Aren’t I just the socially smoothest? Like, “Hello and oh, I’m very excited to be part of picking the flowers for the happiest day of your and Paolo’s lives, and we just got over worrying about P’s mom’s recovery from freaking double masectomy possibly conflicting with the wedding day (surgery was postponed), and we’re taking care of thousands of details this week for this important step in the path of your life’s journey together but, hey, can I take a moment of your time to talk about Iranian holocaust deniers? That’s cool, right?” Like, way to stomp on the beautiful shiny optimism of the morning, Elizabeth.

Thank god she is a woman of intellect as well as heart. Not missing a beat, Miss D said, “What did he say? I’m curious.” We agreed we’d only heard ignorant American perspectives on Holocaust denial, but nothing from a Middle Eastern politician. Because that is all normal ladies’ behavior of a Wednesday morning on your way to get wedding flowers. Actually, he did have interesting responses, interesting in the sense of I-had-not-heard-of-that, but it is the same old anti-Semitism you can find in any country with jerks in it which is to say humans in it (total bullshit). Obviously he has a unique perspective because of Iran’s relationship with Palestine and he was positioning himself very diplomatically based on that, but he was saying disgraceful and inexcusable things about Israel, Judaism, and the behavior of Jews in Germany during WWII, to my mind, but that is neither here nor there. (Read the interview online here at the Newsweek website.)

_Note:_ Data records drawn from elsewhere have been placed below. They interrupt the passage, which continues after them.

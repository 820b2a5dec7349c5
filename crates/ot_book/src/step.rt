ghost use Rattle.std.specs.Prelude.{◌≡◌, Some, None, IfOk, IfErr, OnErr, map, length, option_map, option_and_then};
ghost use Rattle.serde_json.specs.View.{view};
ghost use Rattle.std.specs.Arc.{arc_value};
ghost use Rattle.ot_model.specs.Cells.{lengths};
ghost use Rattle.ot_model.specs.Programs.{expanded_of, IsNamedIn};
ghost use Rattle.ot_program.specs.Programs.{program_of};
ghost use Rattle.ot_store.specs.Arrays.{cells_in, shape_in};
ghost use Rattle.ot_book.specs.Answers.{parse_step, perform_step, program_step, is_checkpoint};
ghost use Rattle.ot_book.specs.Considering.{ComesToAnswer, ComesTo};
ghost use Rattle.ot_book.specs.Requests.{Run, IsProper, request_of, asks_checkpoint};
ghost use Rattle.ot_book.specs.RequestView.{asked_by};
ghost use Rattle.ot_book.specs.declared.code.Code.TheVariants.{NotJson};
ghost use Rattle.ot_book.specs.declared.told.Told.TheVariants.{Refused, Lost};

use crate::code::Code;
use crate::reading::read_line;
use crate::request::{Request, asks_checkpoint, read_request};
use crate::told::Told;
use ot_check::laws::first_offence_is_first;
use ot_check::{Checked, JobSpec, check};
use ot_model::Section;
use ot_program::read_program;
use ot_store::{Limits, Store};
use serde_json::Value;
use std::alloc::{AllocError, Global};
use std::sync::Arc;

/// What a line comes to before it is logged.
#[derive(Debug, Drop)]
pub(crate) enum Considered {
    /// It is answered at once.
    Now(Told),
    /// It runs a program, whose reply has these lists.
    Runs(JobSpec, Vec<Vec<u64>>),
}

/// Takes the value of a line as the next request, after done replies of `used` units. Where memory
/// runs out nothing has changed.
pub(crate) fn consider(
    alloc: Global,
    limits: &Limits,
    store: &mut Store,
    used: u64,
    value: &Option<Value>,
) -> Considered
    ensures { ComesTo (parse_step limits.now store.old used (option_map view value.now)) store.old store.new result }
{
    match attempt(alloc, limits, store, used, value) {
        Ok(considered) => considered,
        Err(told) => Considered::Now(told),
    }
}

/// An error is what is told of a request that is refused, and changes nothing.
fn attempt(
    alloc: Global,
    limits: &Limits,
    store: &mut Store,
    used: u64,
    value: &Option<Value>,
) -> Result<Considered, Told>
    ensures ok { IfOk result (λ considered. ComesTo (parse_step limits.now store.old used (option_map view value.now)) store.old store.new considered) }
    ensures refused { IfErr result (λ told. ComesToAnswer (parse_step limits.now store.old used (option_map view value.now)) store.old store.new told) }
{
    let Some(value) = value else {
        return Err(Told::Refused(Code::NotJson));
    };
    let Some(request) = read_request(alloc, value)? else {
        return Err(Told::Refused(Code::NotRequest));
    };
    perform(alloc, limits, store, used, request)
}

/// Whether a line asks for a checkpoint.
pub fn is_checkpoint(alloc: Global, line: &[u8]) -> Result<bool, AllocError>
    ensures { IfOk result (λ yes. yes ≡ is_checkpoint line.now) }
{
    let value = read_line(alloc, line)?;
    Ok(wants_checkpoint(&value))
}

/// Whether the value of a line asks for a checkpoint.
pub(crate) fn wants_checkpoint(value: &Option<Value>) -> bool
    ensures { result ≡ asks_checkpoint (option_and_then request_of (option_map view value.now)) }
{
    match value {
        Some(value) => asks_checkpoint(value),
        None => false,
    }
}

fn perform(
    alloc: Global,
    limits: &Limits,
    store: &mut Store,
    used: u64,
    request: Request<'_>,
) -> Result<Considered, Told>
    requires { IsProper (asked_by request) }
    ensures ok { IfOk result (λ considered. ComesTo (perform_step limits.now store.old used (asked_by request.entry)) store.old store.new considered) }
    ensures refused { IfErr result (λ told. ComesToAnswer (perform_step limits.now store.old used (asked_by request.entry)) store.old store.new told) }
{
    match request {
        Request::New(name, len) => {
            store.create(alloc, name, len, limits)?;
            Ok(Considered::Now(Told::Accepted))
        }
        Request::Free(name) => {
            store.free(name)?;
            Ok(Considered::Now(Told::Accepted))
        }
        Request::Put(name, start, values) => {
            store.put(name, start, values.as_slice())?;
            Ok(Considered::Now(Told::Accepted))
        }
        Request::Get(name, start, len) => {
            let values = store.get(alloc, name, start, len)?;
            Ok(Considered::Now(Told::Cells(values)))
        }
        Request::Arrays => Ok(Considered::Now(Told::Arrays(store.list(alloc)?))),
        Request::Used => Ok(Considered::Now(Told::Used(used))),
        Request::Checkpoint => Ok(Considered::Now(Told::Accepted)),
        Request::Run(text) => start(alloc, limits, store, text),
    }
}

/// Reads a program over the arrays of the store, checks that it can't race, and makes room for its
/// reply.
fn start(alloc: Global, limits: &Limits, store: &Store, text: &Value) -> Result<Considered, Told>
    ensures ok { IfOk result (λ considered.
        ComesTo (program_step store.now (program_of (shape_in limits.now store.now) (view text.now))) store.now store.now considered) }
    ensures refused { IfErr result (λ told.
        ComesToAnswer (program_step store.now (program_of (shape_in limits.now store.now) (view text.now))) store.now store.now told) }
{
    let shape = store.shape(alloc, limits)?;
    let program = read_program(alloc, text, &shape)?;
    first_offence_is_first();
    let checked = check(alloc, program, &shape)?;
    let shared = Arc::new(alloc, checked)?;
    let (spec, shows) = job_over(alloc, store, shared)?;
    Ok(Considered::Runs(spec, shows))
}

/// The job of a checked program over the arrays of the store, and the lists of its reply.
pub(crate) fn job_over(
    alloc: Global,
    store: &Store,
    checked: Arc<Checked>,
) -> Result<(JobSpec, Vec<Vec<u64>>), AllocError>
    requires { IsNamedIn (lengths (cells_in store.now)) (expanded_of (arc_value checked).program) }
    ensures checked { IfOk result (λ made. made.0.checked ≡ arc_value checked) }
    ensures before { IfOk result (λ made. made.0.before ≡ cells_in store.now) }
    ensures shows { IfOk result (λ made. map (λ l. length l.items) made.1.items ≡ map (λ s. s.len) (arc_value checked).program.shows.items) }
{
    let cells = store.cells(alloc)?;
    let before = Arc::new(alloc, cells)?;
    let shows = empty_lists(alloc, &checked.program.shows)?;
    Ok((JobSpec::new(checked, before), shows))
}

/// A list for each section, as long as it is.
fn empty_lists(alloc: Global, sections: &Vec<Section>) -> Result<Vec<Vec<u64>>, AllocError>
    ensures { IfOk result (λ lists. map (λ l. length l.items) lists.items ≡ map (λ s. s.len) sections.now.items) }
{
    let mut lists = Vec::with_capacity(alloc, sections.len())?;
    for section in sections {
        lists.push(vec![in alloc; 0u64; section.len as usize]?)?;
    }
    Ok(lists)
}
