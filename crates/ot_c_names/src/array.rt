//! Arrays of programs in C.
ghost use Rattle.std.specs.Prelude.{◌≡◌, length, IfOk};
ghost use Rattle.ot_c_names.specs.Arrays.{initial_cells};

use std::alloc::{AllocError, Global};

/// An array of a program in C, with its cells as it begins: those that the text gives numbers to, and so many zeros behind
/// them. Numbers below zero stand modulo 2^64.
#[derive(Debug, Drop)]
pub struct CArray {
    pub name: String,
    pub cells: Vec<u64>,
    pub zeros: u32,
}

/// How many cells an array has.
pub fn cell_count(array: &CArray) -> usize
    ensures { result ≡ length (initial_cells array.now) }
{
    array.cells.len() + array.zeros as usize
}

/// All cells of an array as it begins.
pub fn all_cells(alloc: Global, array: &CArray) -> Result<Vec<u64>, AllocError>
    ensures { IfOk result (λ cells. cells.items ≡ initial_cells array.now) }
{
    let mut cells = array.cells.clone()?;
    let zeros = vec![in alloc; 0u64; array.zeros as usize]?;
    cells.extend_from_slice(&zeros)?;
    Ok(cells)
}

Anyway, having discussed international politics and effectively hammered that shit out, we turned our attention back to the domestic front and went and got the flower situation all nailed down, is the point. Although at first we are pretty sure they thought we were marrying each other, and while watching them stammer to be PC and glance back and forth between us constantly was fun, I eventually clarified, “She is the bride. I’m just a friend who’s helping.” When I told Christo this, he suggested we should have kept them going and tried to muscle a discount from their obvious discomfort. Central Valley’s nearly benignly generic homophobia = just peaches and cream.

Shoot, I need to go for right now. Got to smog my car. I’ll schedule this to post for later and hopefully I’ll be able to turn right back around and finish up. I have more to say, it involves big hair and blondes and me being a terrible reverse discriminator who needs to step down off my aren’t-I-so-cool-for-not-being-cool high horse before the altitude makes me ill in the Bad Way.